My wife writes a blog (http://DorothyWasAdopted.wordpress.com/) about our adoption experience, where she is also publishing this letter. She hears from other families a lot. Many write to say they have either given up or are thinking about it. How many prospective parents has Ontario lost because they abandoned the adoption process due to a slow system that scares away instead of nurturing interest? It’s in the interest of the children to find better ways of keeping waiting parents in the system.
7. Modernize processes and technology
Decentralization, fragmentation and outdated paper-based processes are working against the interests of the children. Bringing together disjointed databases of children across Ontario and Canada is a first step, but much more could be done to speed up the process. England has made the process fast and transparent by removing administrative barriers and putting accountability checks in place. Combine this experience with technology excellence that makes complex processes faster, easier and more user-friendly.
The Government of Ontario has created the MaRS Discovery District to foster research-driven and technology-based innovation. Why not team up experienced adoption workers with some of the young bright minds coming out of University of Waterloo and other Ontario universities to start a project for modernized adoption processes at MaRS?
In conclusion, I know that I am self-servingly looking at the adoption system through the eyes of a waiting parent. Frontline work with children matters most, and I truly hope the system is much better on that end.

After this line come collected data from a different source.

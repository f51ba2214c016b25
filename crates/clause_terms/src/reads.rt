ghost use Rattle.std.specs.Prelude.{◌≡◌, ◌&&◌, ◌||◌, not, ℕ, List, IfOk, IsTrue, false};
ghost use Rattle.std.specs.Option.{option_map_or};
ghost use Rattle.taco_unit.specs.declared.unit.ClassDef.{ClassDef};
ghost use Rattle.taco_unit.specs.Parts.{Parts};
ghost use Rattle.heap_core.specs.declared.value.Value.{Value};
ghost use Rattle.heap_core.specs.declared.value.Value.TheVariants.{Obj as object_of};
ghost use Rattle.heap_core.specs.declared.value.Seen.{Seen};
ghost use Rattle.heap_core.specs.Outcomes.{with_value};
ghost use Rattle.heap_core.specs.Heap.{Heap, field as field_lem};
ghost use Rattle.heap_core.specs.Posed.{Posed};
ghost use Rattle.rel_core.specs.Reading.{Reading};
ghost use Rattle.rel_core.specs.Meaning.{are_of, holds, only_object, set_of};
ghost use Rattle.rel_core.specs.Uses.{Kinds, is_sorted, is_sorted_set, is_spread, use_of_kind};
ghost use Rattle.rel_core.specs.Shown.{ShowsValue, class_relation, field_relation, live_relation};
ghost use Rattle.rel_core.specs.Laws.{FieldIsShown};
ghost use Rattle.clause_terms.specs.Terms.{HasValue, IsOnly, IsSortedTerm, Tells, is_sorted_shape};
ghost use Rattle.clause_terms.specs.Fields.{FieldIsLacking};

use crate::after::after;
use crate::copies::{formula_copy, set_copy};
use crate::term::{Shape, Term};
use no_memory::NoMemory;
use rel_core::{Formula, Indices, NumExpr, RelExpr, RelVar};
use sqlite_items::Boxed;
use std::alloc::Global;
use taco_unit::{FieldDef, Kind};

/// What a relation has at the object of a set, by its kind.
#[tactic(auto, using(crate::proofs::FieldTerms::at_object))]
fn cell(alloc: Global, set: Boxed<RelExpr>, kind: Kind, relation: RelVar) -> Result<Shape, NoMemory>
    ensures value { IfOk result (λ r. (m : Reading) (o : ℕ) (v : Value) → IsOnly m (set_of set m) (object_of o) → ShowsValue m kind relation o v → HasValue m r v) }
    ensures sorted { IfOk result (λ r. (p : Posed) (kinds : Kinds) → IsTrue (is_sorted_set p kinds set) → IsTrue (is_spread p kinds (use_of_kind kind) relation) → IsTrue (is_sorted_shape p kinds r)) }
{
    match kind {
        Kind::Int => {
            let number = NumExpr::at(alloc, set, relation)?;
            Ok(Shape::Number(number))
        }
        Kind::Flag => {
            let truth = Formula::flag_at(alloc, set, relation)?;
            Ok(Shape::Truth(truth))
        }
        Kind::Ref(_) => {
            let joined = RelExpr::join(alloc, set, relation)?;
            Ok(Shape::Set(joined))
        }
    }
}

/// The object of a set is there. The set is copied.
fn is_there(alloc: Global, set: &Boxed<RelExpr>, at: &Indices) -> Result<Boxed<Formula>, NoMemory>
    ensures meaning { IfOk result (λ r. (m : Reading) → holds r m ≡ option_map_or (m.flag (live_relation at.now)) (only_object m (set_of set.now m)) false) }
    ensures sorted { IfOk result (λ r. (p : Posed) (kinds : Kinds) → IsTrue (is_sorted_set p kinds set.now) → IsTrue (is_sorted p kinds r)) }
{
    let copied = set_copy(alloc, set)?;
    let live = Formula::flag_at(alloc, copied, at.live())?;
    Ok(live)
}

/// The object of a set is of the class. The set is copied.
fn is_of_class(
    alloc: Global,
    set: &Boxed<RelExpr>,
    at: &Indices,
    class: u8,
) -> Result<Boxed<Formula>, NoMemory>
    ensures meaning { IfOk result (λ r. (m : Reading) → holds r m ≡ are_of m (set_of set.now m) class (class_relation at.now)) }
    ensures sorted { IfOk result (λ r. (p : Posed) (kinds : Kinds) → IsTrue (is_sorted_set p kinds set.now) → IsTrue (is_sorted p kinds r)) }
{
    let copied = set_copy(alloc, set)?;
    let of = Formula::is_class(alloc, copied, class, at.class())?;
    Ok(of)
}

/// Both hold, and where the first holds the second does.
fn both_and_implied(
    alloc: Global,
    first: Boxed<Formula>,
    second: Boxed<Formula>,
) -> Result<(Boxed<Formula>, Boxed<Formula>), NoMemory>
    ensures meaning { IfOk result (λ r. (m : Reading) → (holds r.0 m ≡ (holds first m && holds second m)) × (holds r.1 m ≡ (not (holds first m) || holds second m))) }
    ensures sorted { IfOk result (λ r. (p : Posed) (kinds : Kinds) → IsTrue (is_sorted p kinds first) → IsTrue (is_sorted p kinds second)
        → IsTrue (is_sorted p kinds r.0) × IsTrue (is_sorted p kinds r.1)) }
{
    let premise = formula_copy(alloc, &first)?;
    let conclusion = formula_copy(alloc, &second)?;
    let implied = Formula::implies(alloc, premise, conclusion)?;
    let both = Formula::both(alloc, first, second)?;
    Ok((both, implied))
}

/// The field of the reference that a set has.

fn read_set(
    alloc: Global,
    set: Boxed<RelExpr>,
    at: &Indices,
    field: u8,
    declared: &FieldDef,
) -> Result<Term, NoMemory>
    ensures told { IfOk result (λ r. (u : Parts) (m : Reading) (heap : Heap) (v : Value) → FieldIsShown u m at.now heap field declared.now → IsOnly m (set_of set m) v
        → Tells (field_lem u.classes heap field v) r m) }
    ensures sorted { IfOk result (λ r. (p : Posed) (kinds : Kinds) → IsTrue (is_sorted_set p kinds set)
        → IsTrue (is_spread p kinds (use_of_kind declared.now.kind) (field_relation at.now field)) → IsSortedTerm p kinds r) }
{
    let live = is_there(alloc, &set, at)?;
    let of = is_of_class(alloc, &set, at, declared.class)?;
    let (fine, inside) = both_and_implied(alloc, live, of)?;
    let relation = at.field(field);
    let value = cell(alloc, set, declared.kind, relation)?;
    Ok(Term {
        value,
        fine,
        inside,
    })
}

/// The field of a value.
fn read_value(
    alloc: Global,
    value: Shape,
    at: &Indices,
    field: u8,
    declared: &FieldDef,
) -> Result<Term, NoMemory>
    ensures told { IfOk result (λ r. (u : Parts) (m : Reading) (heap : Heap) (v : Value) → FieldIsShown u m at.now heap field declared.now → HasValue m value v
        → Tells (field_lem u.classes heap field v) r m) }
    ensures sorted { IfOk result (λ r. (p : Posed) (kinds : Kinds) → IsTrue (is_sorted_shape p kinds value)
        → IsTrue (is_spread p kinds (use_of_kind declared.now.kind) (field_relation at.now field)) → IsSortedTerm p kinds r) }
{
    match value {
        Shape::Set(set) => {
            let term = read_set(alloc, set, at, field, declared)?;
            Ok(term)
        }
        Shape::Number(_) => {
            let term = Term::missing(alloc)?;
            Ok(term)
        }
        Shape::Truth(_) => {
            let term = Term::missing(alloc)?;
            Ok(term)
        }
    }
}

/// A field that no class declares, of the reference that a set has.
fn lacking_set(alloc: Global, set: Boxed<RelExpr>, at: &Indices) -> Result<Term, NoMemory>
    ensures told { IfOk result (λ r. (classes : List ClassDef) (m : Reading) (heap : Heap) (f : ℕ) (v : Value) → FieldIsLacking classes m at.now heap f → IsOnly m (set_of set m) v
        → Tells (field_lem classes heap f v) r m) }
    ensures sorted { IfOk result (λ r. (p : Posed) (kinds : Kinds) → IsTrue (is_sorted_set p kinds set) → IsSortedTerm p kinds r) }
{
    let live = is_there(alloc, &set, at)?;
    let inside = Formula::not(alloc, live)?;
    let fine = Formula::constant(alloc, false)?;
    let value = Formula::constant(alloc, false)?;
    Ok(Term {
        value: Shape::Truth(value),
        fine,
        inside,
    })
}

/// A field that no class declares, of a value.
fn lacking_value(alloc: Global, value: Shape, at: &Indices) -> Result<Term, NoMemory>
    ensures told { IfOk result (λ r. (classes : List ClassDef) (m : Reading) (heap : Heap) (f : ℕ) (v : Value) → FieldIsLacking classes m at.now heap f → HasValue m value v
        → Tells (field_lem classes heap f v) r m) }
    ensures sorted { IfOk result (λ r. (p : Posed) (kinds : Kinds) → IsTrue (is_sorted_shape p kinds value) → IsSortedTerm p kinds r) }
{
    match value {
        Shape::Set(set) => {
            let term = lacking_set(alloc, set, at)?;
            Ok(term)
        }
        Shape::Number(_) => {
            let term = Term::missing(alloc)?;
            Ok(term)
        }
        Shape::Truth(_) => {
            let term = Term::missing(alloc)?;
            Ok(term)
        }
    }
}

impl Term {
    /// A field of an object: Bad at null and at an object that is not there, and Out at one of another class than
    /// the one that declares the field.
    pub fn read(
        alloc: Global,
        object: Term,
        at: &Indices,
        field: u8,
        declared: &FieldDef,
    ) -> Result<Term, NoMemory>
        ensures told { IfOk result (λ r. (u : Parts) (m : Reading) (heap : Heap) (x : Seen) → FieldIsShown u m at.now heap field declared.now → Tells x object m
            → Tells (with_value x (field_lem u.classes heap field)) r m) }
        ensures sorted { IfOk result (λ r. (p : Posed) (kinds : Kinds) → IsSortedTerm p kinds object
            → IsTrue (is_spread p kinds (use_of_kind declared.now.kind) (field_relation at.now field)) → IsSortedTerm p kinds r) }
    {
        let Term {
            value,
            fine,
            inside,
        } = object;
        let then = read_value(alloc, value, at, field, declared)?;
        let read = after(alloc, fine, inside, then)?;
        Ok(read)
    }

    /// A field that no class declares: Bad at null and at an object that is not there, and else Out.
    pub fn read_lacking(alloc: Global, object: Term, at: &Indices) -> Result<Term, NoMemory>
        ensures told { IfOk result (λ r. (classes : List ClassDef) (m : Reading) (heap : Heap) (f : ℕ) (x : Seen) → FieldIsLacking classes m at.now heap f → Tells x object m
            → Tells (with_value x (field_lem classes heap f)) r m) }
        ensures sorted { IfOk result (λ r. (p : Posed) (kinds : Kinds) → IsSortedTerm p kinds object → IsSortedTerm p kinds r) }
    {
        let Term {
            value,
            fine,
            inside,
        } = object;
        let then = lacking_value(alloc, value, at)?;
        let read = after(alloc, fine, inside, then)?;
        Ok(read)
    }
}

Based on what my wife and I have experienced since starting our journey two years ago, I wonder how often “putting the interests of the children first” is used as a phrase to shield from accountability and unwanted collaboration.
How many kids in Ontario grow up without ever having a family to belong to because the system denies them the chance, despite the availability of adoptive families?
Minister MacCharles, speed up the adoption process, so that more forever families are created faster. It is doable, someone at the top just has to lead the way. I hope you are the one to make a difference for the many waiting children and prospective parents in Ontario. Thank you for listening.